■ Prompt:
Repeat the listing exactly, line by line.

----------------------------------------

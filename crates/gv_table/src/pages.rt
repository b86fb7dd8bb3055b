//! Paints a table of single pages: its slots in the range become those of the list's tree.
ghost use Rattle.std.specs.Prelude.{◌≡◌, ◌+◌, ◌*◌, ◌<◌, ◌≤◌, ℕ, false, IsTrue, slice_index_or};
ghost use Rattle.gv_types.specs.Page.{PAGES};
ghost use Rattle.gv_types.specs.PageRange.{span, meets, end_of};
ghost use Rattle.gv_ranges.specs.List.{IsLaidOut, IsIndexOfPage, AreEnded};
ghost use Rattle.gv_table.specs.BufferNames.{AreEncodable};
ghost use Rattle.gv_table.specs.Levels.{slots_per_table, pages_of, slot_pages, first_within};
ghost use Rattle.gv_table.specs.Tree.{IsTreeOf, IsEncodableOutside, slot_of, no_page};

use crate::deciding_mapping::advance;
use crate::fill::{empty, fill};
use crate::levels::{SLOTS, slots_met};
use crate::page_slot::PageSlot;
use crate::slot_position::Excerpt;
use crate::unnamed_list::UnnamedList;
use std::ops::Range;

/// Makes the slots of a run those of the list's tree, as far as one mapping or one gap goes, and at most up to the run's
/// end: where it ends. The position is that of the first mapping which ends past the page of the run's first slot.
fn paint_run(
    slots: &mut [PageSlot; SLOTS],
    first: u64,
    run: Range<usize>,
    mappings: &UnnamedList<'_>,
    position: usize,
) -> usize
    requires in_space { first + slots_per_table ≤ PAGES }
    requires some { run.start < run.end }
    requires within { run.end ≤ slots_per_table }
    requires laid_out { IsLaidOut mappings.now }
    requires encoded { AreEncodable mappings.now }
    requires position { IsIndexOfPage mappings.now (first + run.start) position }
    ensures further { run.start < result }
    ensures within { result ≤ run.end }
    ensures painted { (k : ℕ) → run.start ≤ k → k < result
        → IsTreeOf mappings.now 0 (first + k) (slot_of (slice_index_or slots.new k no_page)) }
    ensures before { (k : ℕ) → k < run.start
        → slice_index_or slots.new k no_page ≡ slice_index_or slots.old k no_page }
    ensures behind { (k : ℕ) → result ≤ k
        → slice_index_or slots.new k no_page ≡ slice_index_or slots.old k no_page }
{
    let Range {
        start: low,
        end: high,
    } = run;
    if position == mappings.len() {
        empty(slots, low, high);
        return high;
    }
    let m = mappings.get(position);
    let page = first + low as u64;
    if page < m.range.first() {
        let end = (m.range.first() - first).min(high as u64) as usize;
        empty(slots, low, end);
        return end;
    }
    let end = (m.range.end() - first).min(high as u64) as usize;
    fill(slots, low, end, &m.part(page));
    end
}

/// Makes the slots of a table of pages that meet the range what the mappings say of them. None is or becomes a table, so nothing is
/// counted, and the others stay.
pub fn paint_pages(slots: &mut [PageSlot; SLOTS], first: u64, excerpt: &Excerpt<'_, '_>)
    requires in_space { first + slots_per_table * pages_of 0 ≤ PAGES }
    requires laid_out { IsLaidOut excerpt.now.mappings.now }
    requires encoded { AreEncodable excerpt.now.mappings.now }
    requires position { AreEnded excerpt.now.mappings.now (first_within excerpt.now.range first) excerpt.now.position }
    requires met { IsTrue (meets (span first (slots_per_table * pages_of 0)) excerpt.now.range) }
    ensures inside { (k : ℕ) → k < slots_per_table → IsTrue (meets (slot_pages 0 (first + k * pages_of 0)) excerpt.now.range)
        → IsTreeOf excerpt.now.mappings.now 0 (first + k * pages_of 0) (slot_of (slice_index_or slots.new k no_page)) }
    ensures outside { (k : ℕ) → k < slots_per_table → meets (slot_pages 0 (first + k * pages_of 0)) excerpt.now.range ≡ false
        → slice_index_or slots.new k no_page ≡ slice_index_or slots.old k no_page }
{
    let Excerpt {
        mappings,
        range,
        mut position,
    } = *excerpt;
    let (low, high) = slots_met(0, first, range);
    let mut index = low;
    while index < high {
        position = advance(mappings, position, first + index as u64);
        index = paint_run(slots, first, index..high, mappings, position);
    }
}

/// Makes the slots of a table of pages those of the list's tree, given that they fit outside the range. The mappings are looked up anew
/// where they are not at hand.
pub fn paint_pages_of_list(slots: &mut [PageSlot; SLOTS], first: u64, excerpt: &Excerpt<'_, '_>)
    requires in_space { first + slots_per_table * pages_of 0 ≤ PAGES }
    requires laid_out { IsLaidOut excerpt.now.mappings.now }
    requires encoded { AreEncodable excerpt.now.mappings.now }
    requires position { AreEnded excerpt.now.mappings.now (first_within excerpt.now.range first) excerpt.now.position }
    requires met { IsTrue (meets (span first (slots_per_table * pages_of 0)) excerpt.now.range) }
    requires outside { (k : ℕ) → k < slots_per_table
        → IsEncodableOutside excerpt.now.mappings.now excerpt.now.range 0 (first + k * pages_of 0)
        (slot_of (slice_index_or slots.old k no_page)) }
    ensures { (k : ℕ) → k < slots_per_table → IsTreeOf excerpt.now.mappings.now 0
        (first + k * pages_of 0) (slot_of (slice_index_or slots.new k no_page)) }
{
    let mappings = excerpt.mappings.with_block_at(excerpt.position);
    let excerpt = Excerpt {
        mappings: &mappings,
        range: excerpt.range,
        position: excerpt.position,
    };
    paint_pages(slots, first, &excerpt);
}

----------------------------------------

■ Solved problem:
filename crates/gv_table/src/pages.rt
repository b86fb7dd8bb3055b
//! Paints a table of single pages: its slots in the range become those of the list's tree.
ghost use Rattle.std.specs.Prelude.{◌≡◌, ◌+◌, ◌*◌, ◌<◌, ◌≤◌, ℕ, false, IsTrue, slice_index_or};
ghost use Rattle.gv_types.specs.Page.{PAGES};
ghost use Rattle.gv_types.specs.PageRange.{span, meets, end_of};
ghost use Rattle.gv_ranges.specs.List.{IsLaidOut, IsIndexOfPage, AreEnded};
ghost use Rattle.gv_table.specs.BufferNames.{AreEncodable};
ghost use Rattle.gv_table.specs.Levels.{slots_per_table, pages_of, slot_pages, first_within};
ghost use Rattle.gv_table.specs.Tree.{IsTreeOf, IsEncodableOutside, slot_of, no_page};

use crate::deciding_mapping::advance;
use crate::fill::{empty, fill};
use crate::levels::{SLOTS, slots_met};
use crate::page_slot::PageSlot;
use crate::slot_position::Excerpt;
use crate::unnamed_list::UnnamedList;
use std::ops::Range;

/// Makes the slots of a run those of the list's tree, as far as one mapping or one gap goes, and at most up to the run's
/// end: where it ends. The position is that of the first mapping which ends past the page of the run's first slot.
fn paint_run(
    slots: &mut [PageSlot; SLOTS],
    first: u64,
    run: Range<usize>,
    mappings: &UnnamedList<'_>,
    position: usize,
) -> usize
    requires in_space { first + slots_per_table ≤ PAGES }
    requires some { run.start < run.end }
    requires within { run.end ≤ slots_per_table }
    requires laid_out { IsLaidOut mappings.now }
    requires encoded { AreEncodable mappings.now }
    requires position { IsIndexOfPage mappings.now (first + run.start) position }
    ensures further { run.start < result }
    ensures within { result ≤ run.end }
    ensures painted { (k : ℕ) → run.start ≤ k → k < result
        → IsTreeOf mappings.now 0 (first + k) (slot_of (slice_index_or slots.new k no_page)) }
    ensures before { (k : ℕ) → k < run.start
        → slice_index_or slots.new k no_page ≡ slice_index_or slots.old k no_page }
    ensures behind { (k : ℕ) → result ≤ k
        → slice_index_or slots.new k no_page ≡ slice_index_or slots.old k no_page }
{
    let Range {
        start: low,
        end: high,
    } = run;
    if position == mappings.len() {
        empty(slots, low, high);
        return high;
    }
    let m = mappings.get(position);
    let page = first + low as u64;
    if page < m.range.first() {
        let end = (m.range.first() - first).min(high as u64) as usize;
        empty(slots, low, end);
        return end;
    }
    let end = (m.range.end() - first).min(high as u64) as usize;
    fill(slots, low, end, &m.part(page));
    end
}

/// Makes the slots of a table of pages that meet the range what the mappings say of them. None is or becomes a table, so nothing is
/// counted, and the others stay.
pub fn paint_pages(slots: &mut [PageSlot; SLOTS], first: u64, excerpt: &Excerpt<'_, '_>)
    requires in_space { first + slots_per_table * pages_of 0 ≤ PAGES }
    requires laid_out { IsLaidOut excerpt.now.mappings.now }
    requires encoded { AreEncodable excerpt.now.mappings.now }
    requires position { AreEnded excerpt.now.mappings.now (first_within excerpt.now.range first) excerpt.now.position }
    requires met { IsTrue (meets (span first (slots_per_table * pages_of 0)) excerpt.now.range) }
    ensures inside { (k : ℕ) → k < slots_per_table → IsTrue (meets (slot_pages 0 (first + k * pages_of 0)) excerpt.now.range)
        → IsTreeOf excerpt.now.mappings.now 0 (first + k * pages_of 0) (slot_of (slice_index_or slots.new k no_page)) }
    ensures outside { (k : ℕ) → k < slots_per_table → meets (slot_pages 0 (first + k * pages_of 0)) excerpt.now.range ≡ false
        → slice_index_or slots.new k no_page ≡ slice_index_or slots.old k no_page }
{
    let Excerpt {
        mappings,
        range,
        mut position,
    } = *excerpt;
    let (low, high) = slots_met(0, first, range);
    let mut index = low;
    while index < high {
        position = advance(mappings, position, first + index as u64);
        index = paint_run(slots, first, index..high, mappings, position);
    }
}

/// Makes the slots of a table of pages those of the list's tree, given that they fit outside the range. The mappings are looked up anew
/// where they are not at hand.
pub fn paint_pages_of_list(slots: &mut [PageSlot; SLOTS], first: u64, excerpt: &Excerpt<'_, '_>)
    requires in_space { first + slots_per_table * pages_of 0 ≤ PAGES }
    requires laid_out { IsLaidOut excerpt.now.mappings.now }
    requires encoded { AreEncodable excerpt.now.mappings.now }
    requires position { AreEnded excerpt.now.mappings.now (first_within excerpt.now.range first) excerpt.now.position }
    requires met { IsTrue (meets (span first (slots_per_table * pages_of 0)) excerpt.now.range) }
    requires outside { (k : ℕ) → k < slots_per_table
        → IsEncodableOutside excerpt.now.mappings.now excerpt.now.range 0 (first + k * pages_of 0)
        (slot_of (slice_index_or slots.old k no_page)) }
    ensures { (k : ℕ) → k < slots_per_table → IsTreeOf excerpt.now.mappings.now 0
        (first + k * pages_of 0) (slot_of (slice_index_or slots.new k no_page)) }
{
    let mappings = excerpt.mappings.with_block_at(excerpt.position);
    let excerpt = Excerpt {
        mappings: &mappings,
        range: excerpt.range,
        position: excerpt.position,
    };
    paint_pages(slots, first, &excerpt);
}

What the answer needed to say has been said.